Houston Center for Contemporary Craft (HCCC) is delighted to present the 10th edition of In Residence, an annual exhibition celebrating its Artist Residency Program, which has supported makers in the field of craft for more than 16 years. This exhibition features work by 10 artists working in ceramic, fiber, metal, wood, and mixed media: Jessica Andersen, Rebecca Braziel, Vivian Chiu, Lisa Hardaway, Rebecca Lynn Hewitt, Amber Smith, Anthony Sonnenberg, Eric Stearns, Jenna Wright, and Shiyuan Xu.
The Artist Residency Program at HCCC provides resident artists with a space for creative exploration, exchange, and collaboration with other artists, professionals in the field, and the public. In their open studios, residents are able to engage with visitors as they work and explain the processes behind their craft practices. Though they develop individual bodies of work during their tenures, the collegiality of the program often fosters lines of collective inspiration. HCCC Curatorial Fellow, Sarah Darro, notes, “This iteration of In Residence features meticulously conceived works that are inscribed with tradition and historical reference, yet are thoroughly contemporary in their content.”
Anthony Sonnenberg creates sculptural assemblages that incorporate salvaged textiles, silk flowers, and porcelain figurines. He constructs his ceramic works by coating found objects in porcelain slip. Then, through a process of kiln firing, the detail, texture, and form of each piece become vitrified, while the original object is incinerated. Sonnenberg’s florid, opulent works visually and materially reference historical periods of decadence, such as ancient Greek Bacchanalia or Baroque decorative art, to address contemporary anxieties over identity, consumption, and overabundance.
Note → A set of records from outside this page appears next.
//! Whether two small things of a kind are one.

ghost use Rattle.std.specs.Prelude.{◌≡◌};
ghost use Rattle.shard_calls.specs.Kinds.{kind_eq};
ghost use Rattle.shard_calls.specs.Same.{position_eq, why_eq, standing_eq, left_eq, alias_or_none_eq, bar_eq, reason_eq, unreached_eq, unacked_eq, shown_type_eq, record_eq, record_or_none_eq, shard_name_eq, analysis_eq, undone_eq};

use gtid_sets::{GtidSet, covers};
use shard_calls::{
    Analysis, Bar, Kind, Left, Reason, ShownType, Standing, Unacked, Unreached, Why,
};
use shard_names::{Alias, ShardName};
use topo_lock::Record;

pub(crate) fn kind_eq(x: Kind, y: Kind) -> bool
    ensures { result ≡ kind_eq x y }
{
    match x {
        Kind::Status => matches!(y, Kind::Status),
        Kind::Stop => matches!(y, Kind::Stop),
        Kind::Demote => matches!(y, Kind::Demote),
        Kind::Promote => matches!(y, Kind::Promote),
        Kind::SetSource => matches!(y, Kind::SetSource),
        Kind::Feed => matches!(y, Kind::Feed),
        Kind::WaitFor => matches!(y, Kind::WaitFor),
        Kind::WaitTold => matches!(y, Kind::WaitTold),
    }
}

/// Whether the two have the same transactions.
pub fn position_eq(p: &GtidSet, q: &GtidSet) -> bool
    ensures { result ≡ position_eq p.now q.now }
{
    covers(p, q) && covers(q, p)
}

pub(crate) fn why_eq(x: &Why, y: &Why) -> bool
    ensures { result ≡ why_eq x.now y.now }
{
    match x {
        Why::Down => matches!(y, Why::Down),
        Why::Cut => matches!(y, Why::Cut),
        Why::Lost => matches!(y, Why::Lost),
        Why::TimedOut { since, now } => match y {
            Why::TimedOut {
                since: from,
                now: to,
            } => *since == *from && *now == *to,
            _ => false,
        },
    }
}

/// Whether the two tablets stand alike.
pub fn standing_eq(x: &Standing, y: &Standing) -> bool
    ensures { result ≡ standing_eq x.now y.now }
{
    match x {
        Standing::Down => matches!(y, Standing::Down),
        Standing::Stopped => matches!(y, Standing::Stopped),
        Standing::Primary { term } => match y {
            Standing::Primary { term: other } => *term == *other,
            _ => false,
        },
        Standing::Demoted { term, by } => match y {
            Standing::Demoted {
                term: other,
                by: since,
            } => *term == *other && *by == *since,
            _ => false,
        },
        Standing::Replica { source, term } => match y {
            Standing::Replica {
                source: from,
                term: other,
            } => *source == *from && *term == *other,
            _ => false,
        },
        Standing::Feeder { term } => match y {
            Standing::Feeder { term: other } => *term == *other,
            _ => false,
        },
    }
}

pub(crate) fn left_eq(x: &Left, y: &Left) -> bool
    ensures { result ≡ left_eq x.now y.now }
{
    match x {
        Left::Errant { extra } => match y {
            Left::Errant { extra: other } => position_eq(extra, other),
            _ => false,
        },
        Left::GivenUp(why) => match y {
            Left::GivenUp(other) => why_eq(why, other),
            _ => false,
        },
        Left::StaleTerm { seen } => match y {
            Left::StaleTerm { seen: other } => *seen == *other,
            _ => false,
        },
        Left::PromisedAhead { promised } => match y {
            Left::PromisedAhead { promised: other } => *promised == *other,
            _ => false,
        },
    }
}

pub(crate) fn alias_or_none_eq(a: &Option<Alias>, b: &Option<Alias>) -> bool
    ensures { result ≡ alias_or_none_eq a.now b.now }
{
    match a {
        Some(a) => match b {
            Some(b) => *a == *b,
            None => false,
        },
        None => b.is_none(),
    }
}

pub(crate) fn bar_eq(x: Bar, y: Bar) -> bool
    ensures { result ≡ bar_eq x y }
{
    match x {
        Bar::MustNot => matches!(y, Bar::MustNot),
        Bar::Drained => matches!(y, Bar::Drained),
        Bar::Ignored => matches!(y, Bar::Ignored),
    }
}

pub(crate) fn reason_eq(x: Reason, y: Reason) -> bool
    ensures { result ≡ reason_eq x y }
{
    match x {
        Reason::MustNot => matches!(y, Reason::MustNot),
        Reason::Drained => matches!(y, Reason::Drained),
        Reason::Avoided => matches!(y, Reason::Avoided),
        Reason::Ignored => matches!(y, Reason::Ignored),
        Reason::Unreached => matches!(y, Reason::Unreached),
        Reason::OtherCell => matches!(y, Reason::OtherCell),
        Reason::NotReplica => matches!(y, Reason::NotReplica),
        Reason::ShortOfAckers => matches!(y, Reason::ShortOfAckers),
    }
}

pub(crate) fn unreached_eq(x: &Unreached, y: &Unreached) -> bool
    ensures { result ≡ unreached_eq x.now y.now }
{
    match x {
        Unreached::GivenUp(why) => match y {
            Unreached::GivenUp(other) => why_eq(why, other),
            _ => false,
        },
        Unreached::Ignored => matches!(y, Unreached::Ignored),
    }
}

pub(crate) fn unacked_eq(x: &Unacked, y: &Unacked) -> bool
    ensures { result ≡ unacked_eq x.now y.now }
{
    match x {
        Unacked::NotTold { since, now } => match y {
            Unacked::NotTold {
                since: from,
                now: to,
            } => *since == *from && *now == *to,
            _ => false,
        },
        Unacked::Kept { stand } => match y {
            Unacked::Kept { stand: other } => standing_eq(stand, other),
            _ => false,
        },
    }
}

pub(crate) fn shown_type_eq(x: ShownType, y: ShownType) -> bool
    ensures { result ≡ shown_type_eq x y }
{
    match x {
        ShownType::Primary => matches!(y, ShownType::Primary),
        ShownType::Drained => matches!(y, ShownType::Drained),
        ShownType::Replica => matches!(y, ShownType::Replica),
        ShownType::Rdonly => matches!(y, ShownType::Rdonly),
        ShownType::Spare => matches!(y, ShownType::Spare),
    }
}

fn record_eq(x: &Record, y: &Record) -> bool
    ensures { result ≡ record_eq x.now y.now }
{
    x.alias == y.alias && x.term == y.term && x.moment == y.moment
}

/// Whether both are this record, or none.
pub fn record_or_none_eq(x: &Option<Record>, y: &Option<Record>) -> bool
    ensures { result ≡ record_or_none_eq x.now y.now }
{
    match x {
        Some(x) => match y {
            Some(y) => record_eq(x, y),
            None => false,
        },
        None => y.is_none(),
    }
}

/// Whether the two are of one shard.
pub fn shard_name_eq(m: &ShardName, n: &ShardName) -> bool
    ensures { result ≡ shard_name_eq m.now n.now }
{
    m.keyspace == n.keyspace && m.shard == n.shard
}

pub(crate) fn analysis_eq(x: Analysis, y: Analysis) -> bool
    ensures { result ≡ analysis_eq x y }
{
    match x {
        Analysis::NoProblem => matches!(y, Analysis::NoProblem),
        Analysis::ClusterHasNoPrimary => matches!(y, Analysis::ClusterHasNoPrimary),
        Analysis::DeadPrimaryWithoutReplicas => matches!(y, Analysis::DeadPrimaryWithoutReplicas),
        Analysis::DeadPrimaryAndReplicas => matches!(y, Analysis::DeadPrimaryAndReplicas),
        Analysis::DeadPrimaryAndSomeReplicas => matches!(y, Analysis::DeadPrimaryAndSomeReplicas),
        Analysis::DeadPrimary => matches!(y, Analysis::DeadPrimary),
        Analysis::PrimaryHasPrimary => matches!(y, Analysis::PrimaryHasPrimary),
        Analysis::PrimaryIsReadOnly => matches!(y, Analysis::PrimaryIsReadOnly),
        Analysis::LockedSemiSyncPrimary => matches!(y, Analysis::LockedSemiSyncPrimary),
        Analysis::ErrantGTIDDetected => matches!(y, Analysis::ErrantGTIDDetected),
        Analysis::ReplicaIsWritable => matches!(y, Analysis::ReplicaIsWritable),
        Analysis::ConnectedToWrongPrimary => matches!(y, Analysis::ConnectedToWrongPrimary),
        Analysis::NotConnectedToPrimary => matches!(y, Analysis::NotConnectedToPrimary),
        Analysis::ReplicationStopped => matches!(y, Analysis::ReplicationStopped),
    }
}

/// Whether an undo was tried in both or in neither, and came to the same.
pub(crate) fn undone_eq(x: &Option<bool>, y: &Option<bool>) -> bool
    ensures { result ≡ undone_eq x.now y.now }
{
    match x {
        Some(undone) => match y {
            Some(other) => if *undone { *other } else { !*other },
            None => false,
        },
        None => y.is_none(),
    }
}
Rebecca Braziel and Jessica Andersen recontextualize and transform discarded objects and detritus, from vintage gloves and baby shoes that retain marks of wear and use to littered cans and plastic bags that cling to coastlines. Braziel conceives of the objects that she salvages as collaborators, using their life histories as the subject matter of her practice. Through both reductive and additive means, she is a mark maker, systematically covering surfaces in layers of stitched, stapled, and cut lines, which read as swathes of gestural movement and texture. Andersen, on the other hand, alchemically transforms discarded plastic bags. Through a process of electroforming and enameling, she captures their malleability, folds, and wrinkles–reminiscent of skin and drapery–in copper.
Vivian Chiu and Shiyuan Xu build complex, labor-intensive sculptures, using repetitive layers of cut wood and porcelain paper clay. Chiu’s geometric, maze-like sculptures investigate the macro- and micro- spheres of labor, suppression, and identity. Her optical works beckon exploration and movement from the viewer, as they transform when viewed from different angles. Xu’s ceramic work, alternatively, is built to reference the microscopic structures of organisms related to the origin of life, from seeds to micro-algae and single-celled protozoa. The strength of paper clay allows her to construct the spindly, vaulted cells of her structures, while her experimentation with glazes references their potential growth as they expand, foam, crystallize, and drip in the kiln.
Rebecca Lynn Hewitt’s jewelry reflects on ecological concerns and the dissemination of both environmental knowledge and botanical species. Her wearable pieces serve as reliquaries for pressed flowers and seeds. Jenna Wright’s ceramic sculptures investigate the landscape of sprawling, suburban environments and manicured interior and exterior spaces. Amber Marie Smith’s ceramic work, alternatively, explores the idea of home and how it can change through the distortion of memories that occurs after moving and over time. Eric Stearns is known for his intricately pierced Raku vessels that experiment with interior space and form. Lisa Hardaway’s illustrative, patterned textiles are woven from hand-spun and dyed wool and incorporate techniques from Native American traditions, early American weaving, and English rug-making.